§ What you should do: Please find the lines in the entries below that contain the word "lack", and copy each one.

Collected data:

--- START ---

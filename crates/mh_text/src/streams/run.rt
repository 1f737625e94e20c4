//! Running scripts: reads bytes and writes lines.
ghost use Rattle.std.specs.Prelude.{◌≡◌, ◌≢◌, ◌+◌, ◌↔◌, ℕ, true, Ok, IfOk, IfErr, IsTrue, OnOk, IfSome, MatchResult, List, Some};
ghost use Rattle.serde_json.specs.View.{view};
ghost use Rattle.std.specs.Io.KnownBytes.{Appends, IsAtEnd, Keeps};
ghost use Rattle.mh_json.specs.declared.json.script.Script.{Script};
ghost use Rattle.mh_text.specs.Bytes.{AppendsFront, HasFailed, LosesAtMost};
ghost use Rattle.mh_json.specs.Inputs.{most_bytes};
ghost use Rattle.mh_text.specs.Honest.{IsHonest, IsHonestReading, NoOtherFailed};
ghost use Rattle.mh_text.specs.Lines.{line_of};
ghost use Rattle.mh_text.specs.Refused.{refusal_in};
ghost use Rattle.mh_text.specs.Steps.{Told, Takes};
ghost use Rattle.mh_json.specs.Script.{script_of_input, script_of};
ghost use Rattle.mh_text.specs.Output.{first, report_where, AppendsRun, EndsIn, EndsEarly, EndsReading, FailsReport, IsUnread, Failed, FailedBy, IsEnd, MayEnd, RunsTo};

use crate::lines::line;
use crate::lines::report::report_lines;
use crate::streams::input::read_input;
use crate::streams::planning::write_lines;
use crate::streams::refused::{RefusedEvents, refusal_of};
use crate::streams::stepping::answer;
use crate::streams::watched::Watched;
use mh_core::{Machine, Refusal, Reply};
use mh_json::readers::read_script_value;
use mh_json::{Fault, InputFault, RefusedEvent, Script, Step, TextFault, read_script};
use mh_site::Definition;
use serde_json::Value;
use std::alloc::Global;
use std::io::{Read, Write};
use std::thread::Threads;

/// Options of a run, besides the lines of its replies.
#[derive(Clone, Copy, Debug, PartialEq, Eq)]
pub struct RunOptions {
    /// If true, a report of the machine follows them (see `report_lines`).
    pub report: bool,
}

/// Writes the line of the step with this number.
fn write_text<W: Write>(line: &str, at: u64, writer: &mut Watched<W>) -> Result<(), Fault>
    ensures line { MatchResult result
        (λ _. Appends (W.contents writer.old.inner) (W.contents writer.new.inner) line.now)
        (λ e. (e.at ≡ at) × AppendsFront (W.contents writer.old.inner)
        (W.contents writer.new.inner) line.now) }
    ensures kind { IfErr result (λ e. (e.kind ≡ TextFault.WriteFailed)
        × HasFailed writer.old.failures writer.new.failures) }
    ensures kept { OnOk result (writer.new.failures ≡ writer.old.failures) }
{
    match writer.write_all(line.as_bytes()) {
        Ok(()) => Ok(()),
        Err(kind) => Err(Fault { kind, at }),
    }
}

/// Returns whether an event was refused for lack of memory.
fn is_out_of_memory(reply: &Reply) -> bool
    ensures decides { IsTrue result ↔ reply.now ≡ Reply.Refused Refusal.NoMemory }
{
    matches!(reply, Reply::Refused(Refusal::NoMemory))
}

/// Writes the line of a reply to the step with number `at`, which names the number `named`. The
/// line of an event that found no memory is made without allocating, so that the run continues.
fn write_line<W: Write>(
    alloc: Global,
    definition: &Definition,
    named: usize,
    reply: &Reply,
    at: u64,
    writer: &mut Watched<W>,
) -> Result<(), Fault>
    ensures line { MatchResult result
        (λ _. Appends (W.contents writer.old.inner) (W.contents writer.new.inner)
        (line_of definition.now (named, reply.now))) (λ e. (e.at ≡ at)
        × AppendsFront (W.contents writer.old.inner) (W.contents writer.new.inner)
        (line_of definition.now (named, reply.now))) }
    ensures kind { IfErr result (λ e. IsEnd (HasFailed writer.old.failures writer.new.failures)
        e.kind) }
    ensures spared { IfErr result (λ e. MayEnd e.kind reply.now) }
    ensures kept { OnOk result (writer.new.failures ≡ writer.old.failures) }
    ensures others { IfErr result (λ e. e.kind ≢ TextFault.WriteFailed
        → writer.new.failures ≡ writer.old.failures) }
{
    if is_out_of_memory(reply) {
        return write_text("refused 1 NoMemory\n", at, writer);
    }
    let Ok(text) = line(alloc, definition, named, reply) else {
        return Err(Fault {
            kind: TextFault::Input(InputFault::NoMemory),
            at,
        });
    };
    write_text(text.as_str(), at, writer)
}

/// Runs one step, writes its line, and returns the reason why it was refused, if it was.
fn write_step<T: Threads + Sync, W: Write>(
    rt: &T,
    alloc: Global,
    machine: &mut Machine,
    step: Step,
    at: u64,
    writer: &mut Watched<W>,
) -> Result<Option<Refusal>, Fault>
    ensures step { (told : Told) × Takes machine.old.setting machine.old.history step told
        machine.new.history × MatchResult result
        (λ _. Appends (W.contents writer.old.inner) (W.contents writer.new.inner)
        (line_of machine.old.setting.definition told)) (λ e. (e.at ≡ at)
        × AppendsFront (W.contents writer.old.inner) (W.contents writer.new.inner)
        (line_of machine.old.setting.definition told))
        × (IfErr result (λ e. MayEnd e.kind told.1)
        × IfOk result (λ refusal. refusal ≡ refusal_in told.1)) }
    ensures setting { machine.new.setting ≡ machine.old.setting }
    ensures kind { IfErr result (λ e. IsEnd (HasFailed writer.old.failures writer.new.failures)
        e.kind) }
    ensures kept { OnOk result (writer.new.failures ≡ writer.old.failures) }
    ensures others { IfErr result (λ e. e.kind ≢ TextFault.WriteFailed
        → writer.new.failures ≡ writer.old.failures) }
{
    let named = step.number();
    let reply = answer(rt, alloc, machine, step);
    let definition = machine.book().definition();
    write_line(alloc, definition, named, &reply, at, writer)?;
    Ok(refusal_of(&reply))
}

/// The machine after a run, and the refused events of the run.
#[derive(Drop)]
struct Ran {
    machine: Machine,
    refused: Vec<RefusedEvent>,
}

/// Runs the steps, writes the line of each, and returns the machine after them, and the events that
/// were refused.
fn run_steps<T: Threads + Sync, W: Write>(
    rt: &T,
    alloc: Global,
    machine: Machine,
    steps: Vec<Step>,
    writer: &mut Watched<W>,
) -> Result<Ran, Fault>
    ensures ok { IfOk result (λ ran. RunsTo machine steps.items ran.machine ran.refused.items
        (W.contents writer.old.inner) (W.contents writer.new.inner)) }
    ensures kind { IfErr result (λ e. IsEnd (HasFailed writer.old.failures writer.new.failures)
        e.kind) }
    ensures kept { OnOk result (writer.new.failures ≡ writer.old.failures) }
    ensures others { IfErr result (λ e. e.kind ≢ TextFault.WriteFailed
        → writer.new.failures ≡ writer.old.failures) }
    ensures ends { IfErr result (λ e. EndsIn machine steps.items e (W.contents writer.old.inner)
        (W.contents writer.new.inner)) }
{
    let mut machine = machine;
    let mut refused = RefusedEvents::new(alloc);
    let mut at = 0;
    for step in steps {
        at += 1;
        let refusal = write_step(rt, alloc, &mut machine, step, at, writer)?;
        refused.add(at, refusal);
    }
    Ok(Ran {
        machine,
        refused: refused.into_events(),
    })
}

/// Writes the report of a machine, if the options ask for it.
fn write_report<W: Write>(
    alloc: Global,
    options: RunOptions,
    machine: &Machine,
    writer: &mut Watched<W>,
) -> Result<(), Fault>
    ensures ok { OnOk result (Appends (W.contents writer.old.inner) (W.contents writer.new.inner)
        (report_where options.report machine.now)) }
    ensures kept { OnOk result (writer.new.failures ≡ writer.old.failures) }
    ensures others { IfErr result (λ e. e.kind ≢ TextFault.WriteFailed
        → writer.new.failures ≡ writer.old.failures) }
    ensures failed { IfErr result (FailsReport options machine.now (W.contents writer.old.inner)
        (W.contents writer.new.inner) (HasFailed writer.old.failures writer.new.failures)) }
{
    if options.report {
        write_lines(report_lines(alloc, machine)?, writer)?;
    }
    Ok(())
}

/// Returns the script that the reader contains, or its first fault in the order of reading (see
/// `read_script`).
///
/// The input is read to its end, or to the first byte beyond 1,048,576.
pub fn read_script_from<R: Read>(alloc: Global, reader: &mut Watched<R>) -> Result<Script, Fault>
    ensures ok { IfOk result (λ script. IfSome (R.remaining reader.old.inner)
        (λ input. script_of_input input ≡ Ok script)) }
    ensures failed { IfErr result (IsUnread EndsReading (R.remaining reader.old.inner)
        (HasFailed reader.old.failures reader.new.failures)) }
    ensures honest { IsHonestReading result reader.old.failures reader.new.failures }
    ensures others { IfErr result (λ e. e.kind ≢ TextFault.ReadFailed
        → reader.new.failures ≡ reader.old.failures) }
    ensures end { OnOk result (IsAtEnd (R.remaining reader.new.inner)) }
    ensures most { LosesAtMost (most_bytes + 1) (R.remaining reader.old.inner)
        (R.remaining reader.new.inner) }
{
    let input = read_input(alloc, reader)?;
    read_script(alloc, &input)
}

/// Runs a script, writes the line of each reply and the report that the options ask for, and
/// returns the events that were refused.
fn run_script<T: Threads + Sync, W: Write>(
    rt: &T,
    alloc: Global,
    options: RunOptions,
    script: Script,
    writer: &mut Watched<W>,
) -> Result<Vec<RefusedEvent>, Fault>
    ensures ok { IfOk result (λ refused. AppendsRun options (first script) script.steps
        refused.items (W.contents writer.old.inner) (W.contents writer.new.inner)) }
    ensures kept { OnOk result (writer.new.failures ≡ writer.old.failures) }
    ensures others { IfErr result (λ e. e.kind ≢ TextFault.WriteFailed
        → writer.new.failures ≡ writer.old.failures) }
    ensures failed { IfErr result (EndsEarly options script (W.contents writer.old.inner)
        (W.contents writer.new.inner) (HasFailed writer.old.failures writer.new.failures)) }
{
    let Script {
        definition,
        workers,
        limits,
        steps,
    } = script;
    let machine = Machine::open(alloc, &definition, workers, limits)?;
    let ran = run_steps(rt, alloc, machine, steps.into_vec(), writer)?;
    write_report(alloc, options, &ran.machine, writer)?;
    Ok(ran.refused)
}

/// Runs the script that the reader contains, and writes the line of each reply, followed by the
/// report of the machine if the options ask for it (see `report_lines`).
///
/// The input is read to its end, or to the first byte beyond 1,048,576, before the first event. If
/// it has a fault, nothing is written. An event that finds no memory has its line, and the run
/// continues. If a run ends because the line of another event finds no memory or a write fails, the
/// lines of the events before that one, and a prefix of its own line, were written. A plan that is
/// asked for is made with as many workers as the script has. If lack of memory or a failing write
/// ends the report, this is reported at 0; then the lines of all events, and a prefix of the
/// report, were written.
pub fn run_bytes<T: Threads + Sync, R: Read, W: Write>(
    rt: &T,
    alloc: Global,
    options: RunOptions,
    reader: &mut Watched<R>,
    writer: &mut Watched<W>,
) -> Result<(), Fault>
    ensures ok { OnOk result (IfSome (R.remaining reader.old.inner) (λ input. (script : Script)
        × (refused : List RefusedEvent) × (script_of_input input ≡ Ok script)
        × AppendsRun options (first script) script.steps refused (W.contents writer.old.inner)
        (W.contents writer.new.inner))) }
    ensures failed { IfErr result (λ e. Failed options (R.remaining reader.old.inner)
        (W.contents writer.old.inner) (W.contents writer.new.inner)
        (HasFailed reader.old.failures reader.new.failures)
        (HasFailed writer.old.failures writer.new.failures) e) }
    ensures honest { IsHonest result reader.old.failures reader.new.failures
        writer.old.failures writer.new.failures }
    ensures others { IfErr result (λ e. NoOtherFailed e.kind reader.old.failures
        reader.new.failures writer.old.failures writer.new.failures) }
    ensures end { OnOk result (IsAtEnd (R.remaining reader.new.inner)) }
    ensures most { LosesAtMost (most_bytes + 1) (R.remaining reader.old.inner)
        (R.remaining reader.new.inner) }
{
    let script = read_script_from(alloc, reader)?;
    run_script(rt, alloc, options, script, writer)?;
    Ok(())
}

/// Runs the script in a JSON value, as `run_bytes` does, and returns the events that were refused,
/// in order; or none of them, if memory ran out for one.
pub fn run_value<T: Threads + Sync, W: Write>(
    rt: &T,
    alloc: Global,
    options: RunOptions,
    value: &Value,
    writer: &mut Watched<W>,
) -> Result<Vec<RefusedEvent>, Fault>
    ensures ok { IfOk result (λ refused. (script : Script)
        × (script_of (view value.now) ≡ Ok script)
        × AppendsRun options (first script) script.steps refused.items
        (W.contents writer.old.inner) (W.contents writer.new.inner)) }
    ensures failed { IfErr result (λ e. FailedBy Ok options (Some (view value.now))
        (W.contents writer.old.inner) (W.contents writer.new.inner)
        ⊥ (HasFailed writer.old.failures writer.new.failures) e) }
    ensures honest { IsHonest result 0 0 writer.old.failures writer.new.failures }
    ensures others { IfErr result (λ e. e.kind ≢ TextFault.WriteFailed
        → writer.new.failures ≡ writer.old.failures) }
{
    let script = read_script_value(alloc, value)?;
    run_script(rt, alloc, options, script, writer)
}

--- END ---

§ Solution to this exercise:
/// Returns whether an event was refused for lack of memory.
/// asked for is made with as many workers as the script has. If lack of memory or a failing write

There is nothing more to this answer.